*Task instructions*
Among the entries below, find the lines that hold the word "there" and report them.

*Data section*
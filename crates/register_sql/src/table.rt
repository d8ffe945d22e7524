//! Recognises the six tables of a store.
ghost use Rattle.std.specs.Prelude.{◌≡◌, ◌∷◌, [], IfOk, true, false};
ghost use Rattle.std.specs.Bool.{Decides};
ghost use Rattle.sqlite_value.specs.Keys.{plain};
ghost use Rattle.register_sql.specs.Tables as tables;

use sqlite_items::Items;
use sqlite_schema::code::Terms;
use sqlite_schema::schema::{Column, Kind, Stamps, Table};
use sqlite_value::keys::{Collation, Order};
use sqlite_value::value::Value;
use std::alloc::{AllocError, Global};

/// Whether it is the column of a STRICT table with this name and type, no default, compared by its
/// bytes.
fn is_column(column: &Column, name: &str, kind: Kind, not_null: bool) -> bool
    ensures { Decides result (column.now ≡ tables.typed name.now kind not_null) }
{
    column.name.as_slice() == name.as_bytes()
        && column.kind == kind
        && column.is_strict
        && column.not_null == not_null
        && matches!(column.default, Value::Null)
        && column.collation == Collation::Binary
}

/// Whether the list has exactly these column numbers, in this order.
pub(crate) fn are_places(places: &Items<usize>, wanted: &[usize]) -> bool
    ensures { Decides result (places.now ≡ wanted.now) }
{
    places.as_slice() == wanted
}

/// Whether the list is empty.
fn is_no_term(alloc: Global, terms: &Terms) -> Result<bool, AllocError>
    ensures { IfOk result (λ none. Decides none (terms.now ≡ [])) }
{
    let lent = terms.lend(alloc)?;
    Ok(lent.roots.is_empty())
}

/// Whether no default reads the clock.
fn is_unstamped(alloc: Global, stamps: &Stamps) -> Result<bool, AllocError>
    ensures { IfOk result
        (λ none. Decides none (stamps.now ≡ record { places = []; terms = []; formats = [] })) }
{
    Ok(stamps.places.is_empty() && stamps.formats.is_empty() && is_no_term(alloc, &stamps.terms)?)
}

/// Whether the table has no rules besides its columns and keys.
fn has_no_rule(alloc: Global, table: &Table) -> Result<bool, AllocError>
    ensures { IfOk result
        (λ none. Decides none
        ((table.now.checks ≡ []) × (table.now.references ≡ []) × (table.now.computed ≡ [])
        × (table.now.stamps ≡ record { places = []; terms = []; formats = [] })
        × (table.now.is_counted ≡ false))) }
{
    Ok(
        table.references.is_empty()
            && table.computed.is_empty()
            && !table.is_counted
            && is_no_term(alloc, &table.checks)?
            && is_unstamped(alloc, &table.stamps)?,
    )
}

/// Whether the table has no UNIQUE.
fn has_no_unique(table: &Table) -> bool
    ensures { Decides result ((table.now.uniques ≡ []) × (table.now.orders ≡ [])) }
{
    table.uniques.is_empty() && table.orders.is_empty()
}

/// Whether there is one order, in which all columns ascend.
fn are_plain(orders: &Items<Order>) -> bool
    ensures { Decides result (orders.now ≡ plain ∷ []) }
{
    match orders.as_slice() {
        [order] => order.digits == 0,
        _ => false,
    }
}

/// Whether there is one key, over these columns.
fn are_one(keys: &Items<Items<usize>>, places: &[usize]) -> bool
    ensures { Decides result (keys.now ≡ places.now ∷ []) }
{
    match keys.as_slice() {
        [key] => are_places(key, places),
        _ => false,
    }
}

/// Whether the table has one UNIQUE, over these columns.
fn has_unique(table: &Table, places: &[usize]) -> bool
    ensures { Decides result
        ((table.now.uniques ≡ places.now ∷ []) × (table.now.orders ≡ plain ∷ [])) }
{
    are_one(&table.uniques, places) && are_plain(&table.orders)
}

/// Whether the table has this name, tree and key.
fn is_headed(table: &Table, name: &str, tree: u32, key: Option<usize>, primary: &[usize]) -> bool
    ensures { Decides result
        ((table.now.name ≡ name.now) × (table.now.tree ≡ tree) × (table.now.key ≡ key)
        × (table.now.primary ≡ primary.now)) }
{
    table.name.as_slice() == name.as_bytes()
        && table.tree == tree
        && table.key == key
        && are_places(&table.primary, primary)
}

/// Whether the table has the columns of `meta`.
fn has_meta_columns(table: &Table) -> bool
    ensures { Decides result (table.now.columns ≡ tables.meta.columns) }
{
    match table.columns.as_slice() {
        [name, val] => {
            is_column(name, "name", Kind::Text, true) && is_column(val, "val", Kind::Integer, true)
        }
        _ => false,
    }
}

/// Whether the table is `meta`, the rows about the store.
pub(crate) fn is_meta(alloc: Global, table: &Table) -> Result<bool, AllocError>
    ensures { IfOk result (λ same. Decides same (table.now ≡ tables.meta)) }
{
    Ok(
        is_headed(table, "meta", 0, None, &[1])
            && has_meta_columns(table)
            && has_unique(table, &[1])
            && has_no_rule(alloc, table)?,
    )
}

/// Whether the table has the columns of `setup`.
fn has_setup_columns(table: &Table) -> bool
    ensures { Decides result (table.now.columns ≡ tables.setup.columns) }
{
    match table.columns.as_slice() {
        [id, txt] => {
            is_column(id, "id", Kind::Integer, false) && is_column(txt, "txt", Kind::Text, true)
        }
        _ => false,
    }
}

/// Whether the table is `setup`.
pub(crate) fn is_setup(alloc: Global, table: &Table) -> Result<bool, AllocError>
    ensures { IfOk result (λ same. Decides same (table.now ≡ tables.setup)) }
{
    Ok(
        is_headed(table, "setup", 2, Some(0), &[0])
            && has_setup_columns(table)
            && has_no_unique(table)
            && has_no_rule(alloc, table)?,
    )
}

/// Whether the table has the columns of `posting`.
fn has_posting_columns(table: &Table) -> bool
    ensures { Decides result (table.now.columns ≡ tables.posting.columns) }
{
    match table.columns.as_slice() {
        [id, station, n, body, verdict] => {
            is_column(id, "id", Kind::Integer, false)
                && is_column(station, "station", Kind::Integer, true)
                && is_column(n, "n", Kind::Integer, true)
                && is_column(body, "body", Kind::Text, true)
                && is_column(verdict, "verdict", Kind::Integer, true)
        }
        _ => false,
    }
}

/// Whether the table is `posting`, the entries.
pub(crate) fn is_posting(alloc: Global, table: &Table) -> Result<bool, AllocError>
    ensures { IfOk result (λ same. Decides same (table.now ≡ tables.posting)) }
{
    Ok(
        is_headed(table, "posting", 3, Some(0), &[0])
            && has_posting_columns(table)
            && has_unique(table, &[2, 3])
            && has_no_rule(alloc, table)?,
    )
}

/// Whether the table has the columns of `spot`.
fn has_spot_columns(table: &Table) -> bool
    ensures { Decides result (table.now.columns ≡ tables.spot.columns) }
{
    match table.columns.as_slice() {
        [thing, k, entry, place, day] => {
            is_column(thing, "thing", Kind::Integer, true)
                && is_column(k, "k", Kind::Integer, true)
                && is_column(entry, "entry", Kind::Integer, true)
                && is_column(place, "place", Kind::Integer, true)
                && is_column(day, "day", Kind::Integer, true)
        }
        _ => false,
    }
}

/// Whether the table is `spot`.
pub(crate) fn is_spot(alloc: Global, table: &Table) -> Result<bool, AllocError>
    ensures { IfOk result (λ same. Decides same (table.now ≡ tables.spot)) }
{
    Ok(
        is_headed(table, "spot", 5, None, &[1, 2])
            && has_spot_columns(table)
            && has_unique(table, &[1, 2])
            && has_no_rule(alloc, table)?,
    )
}

/// Whether the table has the columns of `line`.
fn has_line_columns(table: &Table) -> bool
    ensures { Decides result (table.now.columns ≡ tables.line.columns) }
{
    match table.columns.as_slice() {
        [loan, object, stage] => {
            is_column(loan, "loan", Kind::Text, true)
                && is_column(object, "object", Kind::Integer, true)
                && is_column(stage, "stage", Kind::Integer, true)
        }
        _ => false,
    }
}

/// Whether the table is `line`, the loan lines.
pub(crate) fn is_line(alloc: Global, table: &Table) -> Result<bool, AllocError>
    ensures { IfOk result (λ same. Decides same (table.now ≡ tables.line)) }
{
    Ok(
        is_headed(table, "line", 7, None, &[1, 2])
            && has_line_columns(table)
            && has_unique(table, &[1, 2])
            && has_no_rule(alloc, table)?,
    )
}

/// Whether the table has the columns of `term`.
fn has_term_columns(table: &Table) -> bool
    ensures { Decides result (table.now.columns ≡ tables.term.columns) }
{
    match table.columns.as_slice() {
        [loan, day] => {
            is_column(loan, "loan", Kind::Text, true) && is_column(day, "day", Kind::Integer, true)
        }
        _ => false,
    }
}

/// Whether the table is `term`, the last days of loans.
pub(crate) fn is_term(alloc: Global, table: &Table) -> Result<bool, AllocError>
    ensures { IfOk result (λ same. Decides same (table.now ≡ tables.term)) }
{
    Ok(
        is_headed(table, "term", 9, None, &[1])
            && has_term_columns(table)
            && has_unique(table, &[1])
            && has_no_rule(alloc, table)?,
    )
}
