//! The checks that opening and migrating a store share. The first reads which tables the store has,
//! and its rows about itself. The second compares its setup, its tables and its rowids.
ghost use Rattle.std.specs.Prelude.{◌≤◌, IfOk, IfErr, OnOk};
ghost use Rattle.sqlite.specs.Held.{state};
ghost use Rattle.sqlite.specs.State.{HasCleanDisk};
ghost use Rattle.register_sql.specs.Binding.{IsSettled};
ghost use Rattle.register_sql.specs.Failing.{IsReading};
ghost use Rattle.register_sql.specs.Profiles.{IsProfile, IsProfileFault, IsComplete};
ghost use Rattle.register_sql.specs.Profiles.{IsCompareFault};
ghost use Rattle.register_sql.specs.Queries.{IsPart};

use crate::identity::has_setup;
use crate::queries::{Query, read};
use crate::rowids::are_all_apart;
use crate::schema::tables_made;
use nest_core::Setup;
use register_store::StoreFault;
use sqlite::{Alter, Connection, Error, Row};
use std::alloc::Global;

/// Which tables a store has, and its rows about itself.
#[derive(Drop)]
pub(crate) struct Profile {
    /// How many of a store's tables it has, in the order of creation.
    pub(crate) made: usize,
    /// The rows of `meta`; none if that table is missing.
    pub(crate) metas: Vec<Row>,
    ghost few: { made ≤ 6 },
}

/// Reads which tables a store has, and its rows about itself. The store stays as it was. The inner
/// fault is NoMemory, or Store if the database has other tables than a store's. The outer error is
/// that of a failed statement, after which the connection may be closed.
pub(crate) fn profile_of<S: Alter>(
    alloc: Global,
    conn: &mut Connection<S>,
) -> Result<Result<Profile, StoreFault>, Error>
    requires settled { HasCleanDisk (state S.Store conn.old) → IsSettled (state S.Store conn.old) }
    ensures profile { HasCleanDisk (state S.Store conn.new)
        → IfOk result (λ answer. IfOk answer (λ profile.
        IsProfile (state S.Store conn.old) profile.made profile.metas.items)) }
    ensures refused { HasCleanDisk (state S.Store conn.new) → IfOk result (λ answer. IfErr answer
        (IsProfileFault (state S.Store conn.old).now)) }
    ensures reading { IsReading (state S.Store conn.old) (state S.Store conn.new) result }
{
    let found = match tables_made(alloc, conn.schema()) {
        Ok(found) => found,
        Err(_) => return Ok(Err(StoreFault::NoMemory)),
    };
    match found {
        None => Ok(Err(StoreFault::Store)),
        Some(0) => {
            let metas = Vec::new(alloc);
            Ok(Ok(Profile { made: 0, metas }))
        }
        Some(made) => {
            let metas = read(conn, Query::Metas, made)?;
            Ok(Ok(Profile { made, metas }))
        }
    }
}

/// Checks that a store of the first `made` tables has this setup, exactly the first `wanted`
/// tables, and rowids that are distinct numbers in the setup, the entries, the loan lines and the
/// last days. The store stays as it was. The inner fault is the first that applies: NoMemory;
/// OtherSetup; Store for other tables; Store for the rowids. The outer error is that of a failed
/// statement, after which the connection may be closed.
pub(crate) fn compare<S: Alter>(
    alloc: Global,
    conn: &mut Connection<S>,
    setup: &Setup,
    made: usize,
    wanted: usize,
) -> Result<Result<(), StoreFault>, Error>
    requires few { made ≤ 6 }
    requires part { HasCleanDisk (state S.Store conn.old) → IsPart made (state S.Store conn.old) }
    ensures complete { HasCleanDisk (state S.Store conn.new) → IfOk result (λ answer. OnOk answer
        (IsComplete setup.now made wanted (state S.Store conn.old).now.trees)) }
    ensures refused { HasCleanDisk (state S.Store conn.new) → IfOk result (λ answer. IfErr answer
        (IsCompareFault setup.now made wanted (state S.Store conn.old).now.trees)) }
    ensures reading { IsReading (state S.Store conn.old) (state S.Store conn.new) result }
{
    let answer = has_setup(alloc, conn, setup, made)?;
    let same = match answer {
        Ok(same) => same,
        Err(_) => return Ok(Err(StoreFault::NoMemory)),
    };
    if !same {
        return Ok(Err(StoreFault::OtherSetup));
    }
    if made != wanted {
        return Ok(Err(StoreFault::Store));
    }
    let apart = are_all_apart(conn, made)?;
    if !apart {
        return Ok(Err(StoreFault::Store));
    }
    Ok(Ok(()))
}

*Result of the exercise*
/// Whether there is one order, in which all columns ascend.
/// Whether there is one key, over these columns.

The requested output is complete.